When the Cube first came out in 2000, I got one to evaluate for a major online tech site. As I took it out of the box and hooked it up, my wife waxed enthusiastic over the sexy industrial design. When I wrote up my review, I remarked, quoting a line from an Indiana Jones movie, that it “belongs in a museum.”
While I realize some of you still have a Cube running at your home or office, my opinion at the time was that it was best used for a museum piece, since it wasn’t a terribly practical product. Nowadays, I even wonder if it wasn’t designed largely to satisfy the personal indulgences of Steve Jobs, since it echoed the original NeXT Cube in some respects.
Certainly it wasn’t a very practical design. If you moved your hands too close to the touch-sensitive switches, you might accidentally put the thing to sleep, as my wife did often during routine cleaning of my office. The expansion slot was a little too small for some peripheral cards, and performance was decidedly lackluster for the price of admission.
Even after a fairly substantial price cut, Apple realized that they couldn’t sell enough Cubes, so they discontinued that model in 2001, just weeks after Jobs denied any such intention.

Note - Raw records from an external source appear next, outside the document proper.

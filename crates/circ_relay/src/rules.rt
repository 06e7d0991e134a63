// What the operator of a relay allows.

ghost use Rattle.std.specs.Prelude.{◌≤◌};
ghost use Rattle.tor_spec.specs.CircuitWindow.{circuit_start, least_start};

use cell_codec::{Bytes, List};
use tr_io::names::Dest;

/// A name that a stream may reach, and where it leads.
#[derive(Drop)]
pub struct Allow {
    /// The host name, 1 to 255 bytes. ASCII letters are compared without case.
    pub host: Bytes,
    /// The port.
    pub port: u16,
    /// Where a stream to this host and port is connected.
    pub to: Dest,
}

/// The rules of a relay.
#[derive(Drop)]
pub struct Rules {
    /// The names that a stream may reach. The first line that fits counts.
    pub allow: List<Allow>,
    /// How many DATA cells a circuit may package before its first SENDME, 100 to 1000 (tor-spec,
    /// "Circuit-level flow control").
    pub window: u32,
    /// The least version of a circuit's SENDME that is accepted, 0 or 1 (proposal 289).
    pub least: u8,
    ghost window_within: { (least_start ≤ window) × (window ≤ circuit_start) },
    ghost least_within: { least ≤ 1 },
}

However, such products as the Mac mini, AirPort Extreme, Time Capsule and even the Apple TV are clearly influenced by the Cube, and the form factors are certainly more practical. Well, that is unless you really need to open up your Mac mini and add memory or replace the hard drive.
The larger question is how much does Apple consider the public when creating a new product. Did they, for example, respond to your demands when they created the iPod? Probably not, but they surely saw a need to build a digital media player that would better fulfill the potential of such a device than anything competitors offered. They were right.
On the other hand, some of you really wanted Apple to enter the mobile phone business, and it is clear that they resisted for years until they could create the iPhone, a product that most agree set a new standard for style and usability.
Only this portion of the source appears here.